I have a network which I want to train on some dataset (as an example, say CIFAR10
). I can create data loader object via
trainset = torchvision.datasets.CIFAR10(root='./data', train=True,
download=True, transform=transform)
trainloader = torch.utils.data.DataLoader(trainset, batch_size=4,
shuffle=True, num_workers=2)
My question is as follows: Suppose I want to make several different training iterations. Let's say I want at first to train the network on all images in odd positions, then on all images in even positions and so on. In order to do that, I need to be able to access to those images. Unfortunately, it seems that trainset
does not allow such access. That is, trying to do trainset[:1000]

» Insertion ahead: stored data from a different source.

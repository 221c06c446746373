// A look at a goal whose pattern is no list: what its parts bind and split, put together.
ghost use Rattle.std.specs.Prelude.{◌≡◌, ◌∷◌, [], ◌<◌, ◌≤◌, IfOk, OnOk, length, None};
ghost use Rattle.std.specs.Prelude.{if◌then◌else◌};
ghost use Rattle.rdx_term.specs.AtPaths.{tree_at, IsPlace};
ghost use Rattle.rdx_lang.specs.Bindings.{no_names};
ghost use Rattle.rdx_lang.specs.Collecting.{Adds, Arises, HasExactly};
ghost use Rattle.rdx_lang.specs.Listing.{IsListing};
ghost use Rattle.rdx_lang.specs.Members.{In};
ghost use Rattle.rdx_lang.specs.Order.{binding_cmp};
ghost use Rattle.rdx_lang.specs.Patterns.{in_hole, hide_hole, closed, nt};
ghost use Rattle.rdx_lang.specs.PatternView.{patterns_of};
ghost use Rattle.rdx_lang.specs.Rules.{AreAlternatives};
ghost use Rattle.rdx_lang.specs.Shown.{bindings_of};
ghost use Rattle.rdx_bind.specs.Columns.{HasAsked};
ghost use Rattle.rdx_bind.specs.Combining.{AddsBindings, JoinsWith};
ghost use Rattle.rdx_bind.specs.Namings.{naming_of, under};
ghost use Rattle.rdx_bind.specs.Rows.{split_row_of};
ghost use Rattle.rdx_bind.specs.Searching.{AnyMatches, AnySplits};
ghost use Rattle.rdx_bind.specs.Spots.{spot_of, spots_of};
ghost use Rattle.rdx_bind.specs.Splitting.{gathered_spots, GoesOn, IsNameless};
ghost use Rattle.rdx_store.specs.Stored.{tree_by_id};
ghost use Rattle.rdx_nodes.specs.Asked.{asked_where};
ghost use Rattle.rdx_nodes.specs.Nodes.{opened_in, pattern_at, patterns_at, AreBelow, AreOpened};
ghost use Rattle.rdx_nodes.specs.Settings.{IsClosedDoor};
ghost use Rattle.rdx_table.specs.Inside.Looks.{aim_pattern, aim_tree, AreAsked, IsAim, IsLook};
ghost use Rattle.rdx_table.specs.Inside.Looks.{language_of_look, patterns_of_look, trees_of_look};
ghost use Rattle.rdx_table.specs.Inside.Looks.{Meets, Stops};

use crate::look::Look;
use crate::task::{Goal, Stop, Task};
use rdx_bind::combining::{add_all_joins, empty_where, with_name};
use rdx_bind::extending::add_going_on;
use rdx_bind::listing;
use rdx_bind::naming::Naming;
use rdx_bind::rows::Row;
use rdx_bind::spots::{Gathered, Spot};
use rdx_lang::Binding;
use rdx_nodes::node::Nonterminal;
use rdx_nodes::splitting::{part_id, with_contexts};
use rdx_term::NoMemory;
use std::alloc::Global;
use std::slice::from_ref;

// Puts what the row of the part at a spot gives, together with the spot, to what was found.
fn add_inside(
    alloc: Global,
    spot: &Spot,
    row: Row,
    found: &mut Vec<Binding>,
    gathered: &mut Gathered,
) -> Result<(), NoMemory>
    ensures found { OnOk result (AddsBindings
        (JoinsWith (bindings_of row.matches.items) (spot_of spot.now).binding)
        found.old found.new) }
    ensures gathered { OnOk result (Adds
        (Arises (GoesOn (spot_of spot.now)) (spots_of row.spots.items))
        (gathered_spots gathered.old) (gathered_spots gathered.new)) }
{
    add_all_joins(alloc, &spot.binding, row.matches, found)?;
    add_going_on(alloc, spot, row.spots, gathered)
}

// The row of what was found and gathered, all of it once.
fn distinct_row(alloc: Global, found: Vec<Binding>, gathered: Gathered) -> Result<Row, NoMemory>
    ensures matches { IfOk result (λ row. IsListing binding_cmp (bindings_of row.matches.items)
        (λ b. In b (bindings_of found.items))) }
    ensures spots { IfOk result (λ row. HasExactly (spots_of row.spots.items)
        (λ s. In s (gathered_spots gathered))) }
{
    let matches = listing(alloc, found)?;
    let spots = gathered.distinct(alloc)?;
    Ok(Row { matches, spots })
}

impl<'s, 'a> Look<'s, 'a> {
    // The row of a part, which is asked for where it is not there yet.
    fn part(&self, goal: Goal, next: &mut usize) -> Result<Row, Stop>
        requires look { IsLook self.now }
        requires goal { IsAim self.now goal }
        ensures found { IfOk result (λ row. Meets self.now goal row) }
        ensures stop { Stops self.now.setting.now result }
    {
        match self.row(goal, next)? {
            Some(row) => Ok(row),
            None => Err(Stop::Asks(self.asks_of(from_ref(&goal.number), goal, 1)?)),
        }
    }

    // The goals of the patterns with these numbers at the term of the goal, as tasks: as many as
    // answers were read, but one at least and all at most. The first one comes last.
    fn asks_of(&self, numbers: &[usize], goal: Goal, answered: usize) -> Result<Vec<Task>, NoMemory>
        requires goal { IsAim self.now goal }
        requires some { 1 ≤ length numbers.now }
        requires numbers { AreBelow numbers.now (length (patterns_of_look self.now)) }
        ensures { IfOk result (λ tasks. AreAsked self.now.setting.now tasks.items) }
    {
        let count = numbers.len().min(answered.max(1));
        let mut tasks = Vec::with_capacity(self.setting.alloc, count)?;
        for i in (0..count).rev() {
            tasks.push(Task::Goal(Goal {
                number: numbers[i],
                ..goal
            }))?;
        }
        Ok(tasks)
    }

    // The row of a goal. Where it is not there yet, it is asked for with those of other patterns at
    // its term: the numbers are that of its own pattern and those of the others behind it.
    fn row_of_first(&self, goal: Goal, numbers: &[usize], next: &mut usize) -> Result<Row, Stop>
        requires look { IsLook self.now }
        requires goal { IsAim self.now goal }
        requires some { 1 ≤ length numbers.now }
        requires numbers { AreBelow numbers.now (length (patterns_of_look self.now)) }
        ensures found { IfOk result (λ row. Meets self.now goal row) }
        ensures stop { Stops self.now.setting.now result }
    {
        match self.row(goal, next)? {
            Some(row) => Ok(row),
            None => Err(Stop::Asks(self.asks_of(numbers, goal, *next)?)),
        }
    }

    // The row with the empty binding, or none, and with these spots without names.
    fn nameless_row(&self, any: bool, gathered: Gathered) -> Result<Row, NoMemory>
        ensures matches { IfOk result (λ row. bindings_of row.matches.items
            ≡ (if any then no_names ∷ [] else [])) }
        ensures spots { IfOk result (λ row. HasExactly (spots_of row.spots.items)
            (Arises IsNameless (gathered_spots gathered))) }
    {
        let alloc = self.setting.alloc;
        let matches = empty_where(alloc, any)?;
        let spots = gathered.nameless(alloc)?;
        Ok(Row { matches, spots })
    }

    // Whether one of the patterns with these numbers matches the term of the goal, and where they
    // split it, with no names; the matches of the row are the empty binding, or none.
    fn any_of(&self, numbers: &[usize], goal: Goal) -> Result<Row, Stop>
        requires look { IsLook self.now }
        requires numbers { AreBelow numbers.now (length (patterns_of_look self.now)) }
        requires goal { IsAim self.now goal }
        ensures found { IfOk result (λ row. HasAsked
            (λ b. (b ≡ no_names) × AnyMatches (language_of_look self.now)
            (patterns_at (patterns_of_look self.now) numbers.now) (aim_tree self.now goal))
            (AnySplits (language_of_look self.now)
            (patterns_at (patterns_of_look self.now) numbers.now) (aim_tree self.now goal))
            (asked_where goal.splits) (split_row_of row)) }
        ensures stop { Stops self.now.setting.now result }
    {
        let alloc = self.setting.alloc;
        let mut next = 0;
        let mut any = false;
        let mut gathered = Gathered::new(alloc);
        for i in 0..numbers.len() {
            let part = Goal {
                number: numbers[i],
                ..goal
            };
            let row = self.row_of_first(part, &numbers[i..], &mut next)?;
            any |= !row.matches.is_empty();
            if any && !goal.splits {
                let matches = empty_where(alloc, any)?;
                let spots = Vec::new(alloc);
                return Ok(Row { matches, spots });
            }
            gathered.add(row.spots)?;
        }
        Ok(self.nameless_row(any, gathered)?)
    }

    /// The row of a goal whose pattern is this nonterminal.
    pub(crate) fn nonterminal(&self, it: &Nonterminal<'a>, goal: Goal) -> Result<Row, Stop>
        requires look { IsLook self.now }
        requires goal { IsAim self.now goal }
        requires pattern { aim_pattern self.now goal ≡ nt it.now.name.now }
        requires alternatives { AreAlternatives (language_of_look self.now) it.now.name.now
            (patterns_of it.now.alternatives.now) }
        requires opened { AreOpened (language_of_look self.now) (patterns_of_look self.now)
            (length (patterns_of_look self.now)) (patterns_of it.now.alternatives.now)
            (opened_in it.now) }
        requires door { opened_in it.now ≡ None → IsClosedDoor self.now.setting.now goal.number }
        ensures found { IfOk result (λ row. Meets self.now goal row) }
        ensures stop { Stops self.now.setting.now result }
    {
        let Some(numbers) = &it.opened else {
            return Err(Stop::Opens(goal.number));
        };
        self.any_of(numbers, goal)
    }

    /// The row of a goal whose pattern is the closed one of this part.
    pub(crate) fn closed(&self, part: usize, goal: Goal) -> Result<Row, Stop>
        requires look { IsLook self.now }
        requires goal { IsAim self.now goal }
        requires part { part < length (patterns_of_look self.now) }
        requires pattern { aim_pattern self.now goal
            ≡ closed (pattern_at (patterns_of_look self.now) part) }
        ensures found { IfOk result (λ row. Meets self.now goal row) }
        ensures stop { Stops self.now.setting.now result }
    {
        self.any_of(from_ref(&part), goal)
    }

    /// The row of a goal whose pattern is this part with a name.
    pub(crate) fn named(&self, name: Naming<'_>, part: usize, goal: Goal) -> Result<Row, Stop>
        requires look { IsLook self.now }
        requires goal { IsAim self.now goal }
        requires part { part < length (patterns_of_look self.now) }
        requires pattern { aim_pattern self.now goal
            ≡ under (naming_of name) (pattern_at (patterns_of_look self.now) part) }
        ensures found { IfOk result (λ row. Meets self.now goal row) }
        ensures stop { Stops self.now.setting.now result }
    {
        let inside = Goal {
            number: part,
            ..goal
        };
        let row = self.part(inside, &mut 0)?;
        let t = self.setting.store.term(goal.id);
        let matches = with_name(self.setting.alloc, &row.matches, name, t)?;
        let spots = with_contexts(self.setting.alloc, row.spots, name, t)?;
        Ok(Row { matches, spots })
    }

    /// The row of a goal whose pattern hides the hole of this part.
    pub(crate) fn hide_hole(&self, part: usize, goal: Goal) -> Result<Row, Stop>
        requires look { IsLook self.now }
        requires goal { IsAim self.now goal }
        requires part { part < length (patterns_of_look self.now) }
        requires pattern { aim_pattern self.now goal
            ≡ hide_hole (pattern_at (patterns_of_look self.now) part) }
        ensures found { IfOk result (λ row. Meets self.now goal row) }
        ensures stop { Stops self.now.setting.now result }
    {
        let hidden = Goal {
            number: part,
            id: goal.id,
            splits: false,
        };
        self.part(hidden, &mut 0)
    }

    // The goal that asks the same of this pattern at the part at a spot.
    fn goal_of_spot(&self, spot: &Spot, number: usize, goal: Goal) -> Goal
        requires goal { IsAim self.now goal }
        requires number { number < length (patterns_of_look self.now) }
        requires place { IsPlace (aim_tree self.now goal) (spot_of spot.now).path }
        ensures number { result.number ≡ number }
        ensures id { result.id < length (trees_of_look self.now) }
        ensures part { tree_by_id (trees_of_look self.now) result.id
            ≡ tree_at (aim_tree self.now goal) (spot_of spot.now).path }
        ensures splits { result.splits ≡ goal.splits }
    {
        let id = part_id(self.setting.store, goal.id, &spot.trail);
        Goal { number, id, ..goal }
    }

    // The goals of this pattern at the parts at these spots, as tasks: as many as answers were read,
    // but one at least and all at most. The first one comes last.
    fn asks_at(
        &self,
        spots: &[Spot],
        number: usize,
        goal: Goal,
        answered: usize,
    ) -> Result<Vec<Task>, NoMemory>
        requires goal { IsAim self.now goal }
        requires number { number < length (patterns_of_look self.now) }
        requires some { 1 ≤ length spots.now }
        requires places { (s : _) → In s (spots_of spots.now)
            → IsPlace (aim_tree self.now goal) s.path }
        ensures { IfOk result (λ tasks. AreAsked self.now.setting.now tasks.items) }
    {
        let count = spots.len().min(answered.max(1));
        let mut tasks = Vec::with_capacity(self.setting.alloc, count)?;
        for i in (0..count).rev() {
            tasks.push(Task::Goal(self.goal_of_spot(&spots[i], number, goal)))?;
        }
        Ok(tasks)
    }

    // The row of a goal at a part. Where it is not there yet, it is asked for with those of its
    // pattern at other parts: the spots are that of its own part and those of the others behind it.
    fn row_at_first(
        &self,
        inner: Goal,
        spots: &[Spot],
        goal: Goal,
        next: &mut usize,
    ) -> Result<Row, Stop>
        requires look { IsLook self.now }
        requires inner { IsAim self.now inner }
        requires goal { IsAim self.now goal }
        requires some { 1 ≤ length spots.now }
        requires places { (s : _) → In s (spots_of spots.now)
            → IsPlace (aim_tree self.now goal) s.path }
        ensures found { IfOk result (λ row. Meets self.now inner row) }
        ensures stop { Stops self.now.setting.now result }
    {
        match self.row(inner, next)? {
            Some(row) => Ok(row),
            None => Err(Stop::Asks(self.asks_at(spots, inner.number, goal, *next)?)),
        }
    }

    /// The row of a goal whose pattern is the right part in the hole of the left one.
    pub(crate) fn in_hole(&self, left: usize, right: usize, goal: Goal) -> Result<Row, Stop>
        requires look { IsLook self.now }
        requires goal { IsAim self.now goal }
        requires left { left < length (patterns_of_look self.now) }
        requires right { right < length (patterns_of_look self.now) }
        requires pattern { aim_pattern self.now goal
            ≡ in_hole (pattern_at (patterns_of_look self.now) left)
            (pattern_at (patterns_of_look self.now) right) }
        ensures found { IfOk result (λ row. Meets self.now goal row) }
        ensures stop { Stops self.now.setting.now result }
    {
        let alloc = self.setting.alloc;
        let mut next = 0;
        let outer = Goal {
            number: left,
            id: goal.id,
            splits: true,
        };
        let spots = self.part(outer, &mut next)?.spots;
        let mut found = Vec::new(alloc);
        let mut gathered = Gathered::new(alloc);
        for i in 0..spots.len() {
            let spot = &spots[i];
            let inner = self.goal_of_spot(spot, right, goal);
            let row = self.row_at_first(inner, &spots[i..], goal, &mut next)?;
            add_inside(alloc, spot, row, &mut found, &mut gathered)?;
        }
        Ok(distinct_row(alloc, found, gathered)?)
    }
}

or more generally trainset[mask]
will throw an error.
I could do instead
trainset.train_data=trainset.train_data[mask]
trainset.train_labels=trainset.train_labels[mask]
and then
trainloader = torch.utils.data.DataLoader(trainset, batch_size=4,
shuffle=True, num_workers=2)
However, that will force me to create a new copy of the full dataset in each iteration (as I already changed trainset.train_data
so I will need to redefine trainset
). Is there some way to avoid it?
Ideally, I would like to have something "equivalent" to
trainloader = torch.utils.data.DataLoader(trainset[mask], batch_size=4,
shuffle=True, num_workers=2)
torch.utils.data.Subset
is easier, supports shuffle
, and doesn't require writing your own sampler:
import torchvision
import torch
trainset = torchvision.datasets.CIFAR10(root='./data', train=True,
download=True, transform=None)
evens = list(range(0, len(trainset), 2))
odds = list(range(1, len(trainset), 2))
trainset_1 = torch.utils.data.Subset(trainset, evens)
trainset_2 = torch.utils.data.Subset(trainset, odds)
trainloader_1 = torch.utils.data.DataLoader(trainset_1, batch_size=4,
shuffle=True, num_workers=2)
trainloader_2 = torch.utils.data.DataLoader(trainset_2, batch_size=4,
shuffle=True, num_workers=2)